Seluk Beluk Proses Transaksi Gorila Hingga Keuntungannya
            Jika masyarakat luas mengetahui tembakau gorila baru sekitar awal tahun 2017 lalu, tetapi Freedy sudah mengkonsumsi dan mengedarkan tembakau ini semenjak tahun 2014. Itu artinya sudah 3 tahun ia mengkonsumsi hingga mengedarkan tembakau ini.
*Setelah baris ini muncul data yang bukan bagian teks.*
// The numbers of a record slot by slot, in the table's order: held to their limits, and put into words.
ghost use Rattle.std.specs.Prelude.{◌≡◌};
ghost use Rattle.slots.specs.Slots.{fits};
ghost use Rattle.fields.specs.Puts.{put_ins};
ghost use Rattle.kinds.specs.Layout.{layout, parts};
ghost use Rattle.numbers.specs.FromNumbers.{within, values_from, slot_numbers, plain_slots, pair_slots};

use crate::Numbers;
use crate::by_slot::put_numbers;
use kinds::kind::Kind;
use table::rows::row_of;

// The most slots that a kind has.
const MOST_SLOTS: usize = 11;

// One number a slot.
fn plain_slots(c: Numbers) -> [u32; MOST_SLOTS]
    ensures { result ≡ plain_slots c }
{
    [
        c.first, c.second, c.third, c.fourth, c.fifth, c.sixth, c.seventh, c.eighth, c.ninth, 0, 0,
    ]
}

// The fourth and the fifth number are pairs, of two slots each.
fn pair_slots(c: Numbers) -> [u32; MOST_SLOTS]
    ensures { result ≡ pair_slots c }
{
    [
        c.first,
        c.second,
        c.third,
        c.fourth % 128,
        c.fourth / 128,
        c.fifth % 128,
        c.fifth / 128,
        c.sixth,
        c.seventh,
        c.eighth,
        c.ninth,
    ]
}

// A kind with more slots than numbers has pairs. 0 past the kind's last slot.
#[tactic(auto, unfolding(crate::specs::FromNumbers::slot_numbers))]
fn slot_numbers(kind: Kind, c: Numbers) -> [u32; MOST_SLOTS]
    ensures { result ≡ slot_numbers kind c }
{
    let row = row_of(kind);
    if 9 < row.slots {
        return pair_slots(c);
    }
    plain_slots(c)
}

// Whether each limit has its number, which is below it.
fn are_within(numbers: &[u32], limits: &[u32]) -> bool
    ensures { result ≡ within numbers.now limits.now }
{
    limits.len() <= numbers.len()
        && numbers
            .iter()
            .zip(limits)
            .all(|(number, limit)| number < limit)
}

// Whether each number is at most its field's largest. The limits are constants, so that the compiler takes the loop apart.
#[tactic(auto, unfolding(crate::specs::FromNumbers::within, laws::specs::Lists::map, kinds::specs::Layout::layout))]
pub fn numbers_in_range(kind: Kind, c: Numbers) -> bool
    ensures { result ≡ fits (layout kind).fields (parts (values_from kind c)) }
{
    let ns = slot_numbers(kind, c);
    match kind {
        Kind::EndpointDiscovery => are_within(&ns, &[256, 256, 2, 2, 2, 2, 2]),
        Kind::EndpointInfo => are_within(&ns, &[256, 256, 2, 2, 2, 2, 2, 128]),
        Kind::DeviceIdentity => are_within(&ns, &[128; 11]),
        Kind::EndpointName => true,
        Kind::ProductInstanceId => true,
        Kind::FunctionBlockInfo => are_within(&ns, &[2, 128, 4, 4, 4, 16, 256, 256, 256]),
        Kind::FunctionBlockName => are_within(&ns, &[256]),
    }
}

// A number that does not fit is left out.
pub fn put_slots(words: &mut [u32], kind: Kind, c: Numbers)
    ensures { words.new ≡ put_ins (layout kind).fields (parts (values_from kind c)) words.old }
{
    let ns = slot_numbers(kind, c);
    let row = row_of(kind);
    let count = row.slots;
    put_numbers(words, kind, 0, &ns[..count]);
}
Awal mula ia mendapatkan tembakau gorila yaitu dari seorang teman lamanya di Bali. Tidak hanya sebagai pemakai, Freedy juga berperan sebagai pengedar obat-obatan terlarang ini. “Teman lama sih waktu itu ngasih tahu. Dia punya bandar besar gitu di Bali, terus gue dioper terus. Dioper, pertama awalnya 100 bek, 100 bek yaudah gitu aja terus,” ujar Freedy ketika ditanyai dari mana ia  mendapatkan barang tersebut.
Keuntungan yang didapatkan melalui transaksi tembakau gorila, memang sangat menggiurkan. Ia bisa menerima keuntungan dua hingga 3 kali lipat harga yang ia keluarkan. Jika pada tahun 2014 ia mengeluarkan modal untuk 1 bek (5 gram) itu Rp150.000, maka ia  bisa menjualnya dengan harga Rp300.000.
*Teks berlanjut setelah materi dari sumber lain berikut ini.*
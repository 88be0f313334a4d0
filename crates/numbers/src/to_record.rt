// A record from its numbers, a function for each fixed kind.
#![tactic(auto, unfolding(crate::proofs::Accepted::computed))]

ghost use Rattle.std.specs.Prelude.{◌≡◌};
ghost use Rattle.kinds.specs.declared.kind.Kind.TheVariants as K;
ghost use Rattle.kinds.specs.Layout.{kind_of};
ghost use Rattle.records.specs.Records.{record_of};
ghost use Rattle.numbers.specs.FromNumbers.{Fitting, values_from, choices_named, is_record, from_kind, other_kind, from_own, from_fixed};

use crate::Numbers;
use crate::in_slots::numbers_in_range;
use counts::PacketNumber;
use kinds::choices::{direction_of_valid_code, hint_of_valid_code, port_of_valid_code};
use kinds::kind::Kind;
use kinds::refusal::Refusal;
use records::device_identity::{DeviceIdentity, Manufacturer, SoftwareVersion};
use records::endpoint_discovery::EndpointDiscovery;
use records::endpoint_info::EndpointInfo;
use records::function_block_info::FunctionBlockInfo;
use records::message::Message;
use table::rows::{kind_of, row_of};

// Each of these takes that its own kind's numbers fit: a type that says it would be one struct a kind.
fn endpoint_discovery(c: Numbers) -> Message
    requires { Fitting K.EndpointDiscovery c }
    ensures { result ≡ record_of K.EndpointDiscovery c.packets (values_from K.EndpointDiscovery c) }
{
    Message::EndpointDiscovery(EndpointDiscovery {
        ump_version_major: c.first as u8,
        ump_version_minor: c.second as u8,
        request_endpoint_info: c.third == 1,
        request_device_identity: c.fourth == 1,
        request_endpoint_name: c.fifth == 1,
        request_product_instance_id: c.sixth == 1,
        request_stream_configuration: c.seventh == 1,
    })
}

fn endpoint_info(c: Numbers) -> Message
    requires { Fitting K.EndpointInfo c }
    ensures { result ≡ record_of K.EndpointInfo c.packets (values_from K.EndpointInfo c) }
{
    Message::EndpointInfo(EndpointInfo {
        ump_version_major: c.first as u8,
        ump_version_minor: c.second as u8,
        static_function_blocks: c.third == 1,
        supports_midi2_protocol: c.fourth == 1,
        supports_midi1_protocol: c.fifth == 1,
        supports_receiving_jr_timestamps: c.sixth == 1,
        supports_sending_jr_timestamps: c.seventh == 1,
        number_of_function_blocks: c.eighth as u8,
    })
}

fn device_identity(c: Numbers) -> Message
    requires { Fitting K.DeviceIdentity c }
    ensures { result ≡ record_of K.DeviceIdentity c.packets (values_from K.DeviceIdentity c) }
{
    Message::DeviceIdentity(DeviceIdentity {
        device_manufacturer: Manufacturer(c.first as u8, c.second as u8, c.third as u8),
        device_family: c.fourth as u16,
        device_family_model_number: c.fifth as u16,
        software_version: SoftwareVersion(
            c.sixth as u8,
            c.seventh as u8,
            c.eighth as u8,
            c.ninth as u8,
        ),
    })
}

fn function_block_info(c: Numbers) -> Message
    requires { Fitting K.FunctionBlockInfo c }
    ensures { result ≡ record_of K.FunctionBlockInfo c.packets (values_from K.FunctionBlockInfo c) }
{
    Message::FunctionBlockInfo(FunctionBlockInfo {
        active: c.first == 1,
        function_block_number: c.second as u8,
        ui_hint: hint_of_valid_code(c.third as u8),
        midi1_port: port_of_valid_code(c.fourth as u8),
        direction: direction_of_valid_code(c.fifth as u8),
        first_group: c.sixth as u8,
        number_of_groups_spanned: c.seventh as u8,
        midi_ci_version: c.eighth as u8,
        max_number_of_midi_ci_streams: c.ninth as u8,
    })
}

fn function_block_name(c: Numbers) -> Message
    requires { Fitting K.FunctionBlockName c }
    ensures { result ≡ record_of K.FunctionBlockName c.packets (values_from K.FunctionBlockName c) }
{
    Message::FunctionBlockName {
        function_block: c.first as u8,
        packets: PacketNumber(c.packets),
    }
}

// The numbers of a kind, each at most its field's largest.
fn fitting_record(kind: Kind, c: Numbers) -> Message
    requires { Fitting kind c }
    ensures { result ≡ record_of kind c.packets (values_from kind c) }
{
    match kind {
        Kind::EndpointDiscovery => endpoint_discovery(c),
        Kind::EndpointInfo => endpoint_info(c),
        Kind::DeviceIdentity => device_identity(c),
        Kind::EndpointName => Message::EndpointName(PacketNumber(c.packets)),
        Kind::ProductInstanceId => Message::ProductInstanceId(PacketNumber(c.packets)),
        Kind::FunctionBlockInfo => function_block_info(c),
        Kind::FunctionBlockName => function_block_name(c),
    }
}

// Whether the numbers name no port 3 and no direction 0, which only a block info can.
fn choices_named(kind: Kind, c: Numbers) -> bool
    ensures { result ≡ choices_named kind c }
{
    match kind {
        Kind::FunctionBlockInfo => c.fourth != 3 && c.fifth != 0,
        _ => true,
    }
}

// Whether numbers of a kind's status are a record: each at most its field's largest, and choices that have a name.
#[tactic(auto, unfolding(laws::specs::Pick::both))]
pub(crate) fn is_record(kind: Kind, c: Numbers) -> bool
    ensures { result ≡ is_record kind c }
{
    numbers_in_range(kind, c) && choices_named(kind, c)
}

// Numbers of a kind's status.
#[tactic(auto, unfolding(crate::specs::FromNumbers::from_kind, laws::specs::Pick::both))]
fn own_record(kind: Kind, c: Numbers) -> Result<Message, Refusal>
    ensures { result ≡ from_kind kind c }
{
    if is_record(kind, c) {
        return Ok(fitting_record(kind, c));
    }
    Err(Refusal::NumberTooLarge)
}

// Why numbers of another status than the one wanted are refused.
pub(crate) fn other_kind(status: u32) -> Refusal
    ensures { result ≡ other_kind (kind_of status) }
{
    match kind_of(status) {
        Some(_) => Refusal::NoSuchField,
        None => Refusal::UnknownStatus,
    }
}

// A record of one kind: refusals 5, 13, 12.
pub fn record_of(kind: Kind, c: Numbers) -> Result<Message, Refusal>
    ensures { result ≡ from_own kind c }
{
    let row = row_of(kind);
    if c.status != row.status {
        return Err(other_kind(c.status));
    }
    own_record(kind, c)
}

// A record of any fixed kind: refusals 5, 13 for a kind with text, 12.
pub fn fixed_record(c: Numbers) -> Result<Message, Refusal>
    ensures { result ≡ from_fixed c }
{
    let kind = kind_of(c.status).ok_or(Refusal::UnknownStatus)?;
    let row = row_of(kind);
    if 1 < row.most_packets {
        return Err(Refusal::NoSuchField);
    }
    own_record(kind, c)
}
Sebelumnya, pada tahun 2010, ia juga pernah menjadi pengedar ganja. Saat itu ia masih menjadi seorang siswa SMA di Bandung. Ia mengedarkan ganja tersebut kepada teman-temannya di SMA. Barangnya ia dapatkan di Jakarta. Saat itu ia membeli ganja 100 gram. Hal itu ia lakukan sampai ia akan mulai kuliah. Ketika sudah mulai kuliah, ia membeli ganja sebanyak 2 kilogram keatas. Dan ia menjualnya dengan cara pergaris. Dalam 20 kilogram itu, terdapat 20 garis. Harga 1 garisnya pada waktu itu masih Rp500.000, tetapi sekarang sudah Rp1.000.000.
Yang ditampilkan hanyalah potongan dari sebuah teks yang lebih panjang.